## TASK DIRECTIONS
Count every line below that holds the word "bounds", and give the number with no other words.

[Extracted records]
+===+
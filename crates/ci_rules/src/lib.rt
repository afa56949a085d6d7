//! The code of a project breaks no rule of the verifier.
#![tactic(auto)]

pub mod laws;
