//! The project of the tests.
ghost use Rattle.std.specs.Prelude.{◌≡◌, ◌≤◌, ◌<◌, length, map, All, IfOk};
ghost use Rattle.ci_base.specs.declared.bounds.TheConstants.{MOST_FUNCTIONS, MOST_PARAMETERS};
ghost use Rattle.ci_store.specs.Stored.{IsUsable};
ghost use Rattle.ci_store_tests.specs.Cells.{HasCells, IsOwn};
ghost use Rattle.ci_tasktab.specs.Births.{IsWithin};

use crate::steps::text;
use ci_base::bounds::{MOST_FUNCTIONS, MOST_PARAMETERS};
use ci_base::{
    CellHead, CellHeadList, Global as Scalar, GlobalList, Head, HeadList, Kind, KindList, Layout,
    Text, Value, ValueList,
};
use std::alloc::Global;
use std::test::Fail;

/// A default.
#[derive(Clone, Copy)]
enum Preset {
    Int(i32),
    Str(&'static str),
}

/// A function: its name, whether it is PUBLIC, the kinds of its parameters, and the defaults of the last of them.
type Plan = (&'static str, bool, &'static [Kind], &'static [Preset]);

/// The functions, by their numbers from 0. No bound project has two PUBLIC ones of one name.
static FUNCTIONS: [Plan; 7] = [
    ("F", true, &[Kind::Int, Kind::Str], &[Preset::Str("d")]),
    ("Main", true, &[], &[]),
    ("Two", true, &[Kind::Int, Kind::Int], &[]),
    ("Hidden", false, &[], &[]),
    ("main", true, &[Kind::Int], &[]),
    (
        "All",
        true,
        &[Kind::Int, Kind::Str],
        &[Preset::Int(1), Preset::Str("x")],
    ),
    ("Late", true, &[], &[]),
];

/// A layout with so many cells besides its first three. No bound project has two GLOBAL scalars of one name.
pub fn project(alloc: Global, others: usize) -> Result<Layout, Fail>
    ensures usable { IfOk result (λ layout. IsUsable layout) }
    ensures cells { IfOk result (λ layout. HasCells (map (λ cell. cell.kind) layout.cells)) }
{
    let functions = functions(alloc)?;
    let mut rest = numbers(alloc, others)?;
    let mut cells = vec![in alloc; of_number(), of_text(), of_text()]?;
    cells.append(&mut rest)?;
    let globals = vec![in alloc; global("count", 0), global("name", 1), global("Count", 2)]?;
    Ok(Layout {
        functions: HeadList::of(functions),
        cells: CellHeadList::of(cells),
        globals: GlobalList::of(globals),
    })
}

/// All functions.
fn functions(alloc: Global) -> Result<Vec<Head>, Fail>
    ensures { IfOk result (λ heads. IsWithin heads.items) }
{
    let mut heads = Vec::new(alloc);
    'plans: for plan in FUNCTIONS.iter() {
        put(&mut heads, head(alloc, plan)?)?;
    }
    Ok(heads)
}

/// The function comes behind the others, if there are fewer than there may be.
fn put(heads: &mut Vec<Head>, head: Head) -> Result<(), Fail>
    requires within { IsWithin heads.old.items }
    requires short { length head.kinds ≤ MOST_PARAMETERS }
    ensures { IsWithin heads.new.items }
{
    if heads.as_slice().len() >= MOST_FUNCTIONS {
        return Err(Fail::from("too many functions"));
    }
    add(heads, head)
}

/// The function comes behind the others.
fn add(heads: &mut Vec<Head>, head: Head) -> Result<(), Fail>
    requires within { IsWithin heads.old.items }
    requires few { length heads.old.items < MOST_FUNCTIONS }
    requires short { length head.kinds ≤ MOST_PARAMETERS }
    ensures { IsWithin heads.new.items }
{
    match heads.push(head) {
        Ok(()) => Ok(()),
        Err(_) => Err(Fail::from("no memory")),
    }
}

/// The function of a plan.
fn head(alloc: Global, plan: &Plan) -> Result<Head, Fail>
    ensures { IfOk result (λ head. length head.kinds ≤ MOST_PARAMETERS) }
{
    if plan.2.len() > MOST_PARAMETERS {
        return Err(Fail::from("too many parameters"));
    }
    let kinds = Vec::from_slice(alloc, plan.2)?;
    let defaults = values(alloc, plan.3)?;
    Ok(Head {
        name: text(plan.0),
        public: plan.1,
        kinds: KindList::of(kinds),
        defaults: ValueList::of(defaults),
    })
}

/// The values of defaults.
fn values(alloc: Global, presets: &[Preset]) -> Result<Vec<Value>, Fail> {
    let mut values = Vec::new(alloc);
    for preset in presets {
        values.push(value(*preset))?;
    }
    Ok(values)
}

fn value(preset: Preset) -> Value {
    match preset {
        Preset::Int(n) => Value::Int(n),
        Preset::Str(bytes) => Value::Str(text(bytes)),
    }
}

/// So many cells of numbers.
fn numbers(alloc: Global, count: usize) -> Result<Vec<CellHead>, Fail>
    ensures { IfOk result (λ cells. All IsOwn cells.items) }
{
    let mut cells = Vec::new(alloc);
    'cells: for _ in 0..count {
        put_cell(&mut cells, of_number())?;
    }
    Ok(cells)
}

/// The cell comes behind the others.
fn put_cell(cells: &mut Vec<CellHead>, cell: CellHead) -> Result<(), Fail>
    requires all { All IsOwn cells.old.items }
    requires own { IsOwn cell }
    ensures { All IsOwn cells.new.items }
{
    match cells.push(cell) {
        Ok(()) => Ok(()),
        Err(_) => Err(Fail::from("no memory")),
    }
}

/// A cell with the number 7.
fn of_number() -> CellHead
    ensures kind { result.kind ≡ Kind.Int }
    ensures own { IsOwn result }
{
    CellHead {
        kind: Kind::Int,
        first: Value::Int(7),
    }
}

/// A cell with the empty text.
fn of_text() -> CellHead
    ensures kind { result.kind ≡ Kind.Str }
    ensures own { IsOwn result }
{
    CellHead {
        kind: Kind::Str,
        first: Value::Str(Text::empty()),
    }
}

fn global(name: &str, cell: u32) -> Scalar
    ensures { result.cell ≡ cell }
{
    Scalar {
        name: text(name),
        cell,
    }
}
+===+
## TASK SOLUTION
2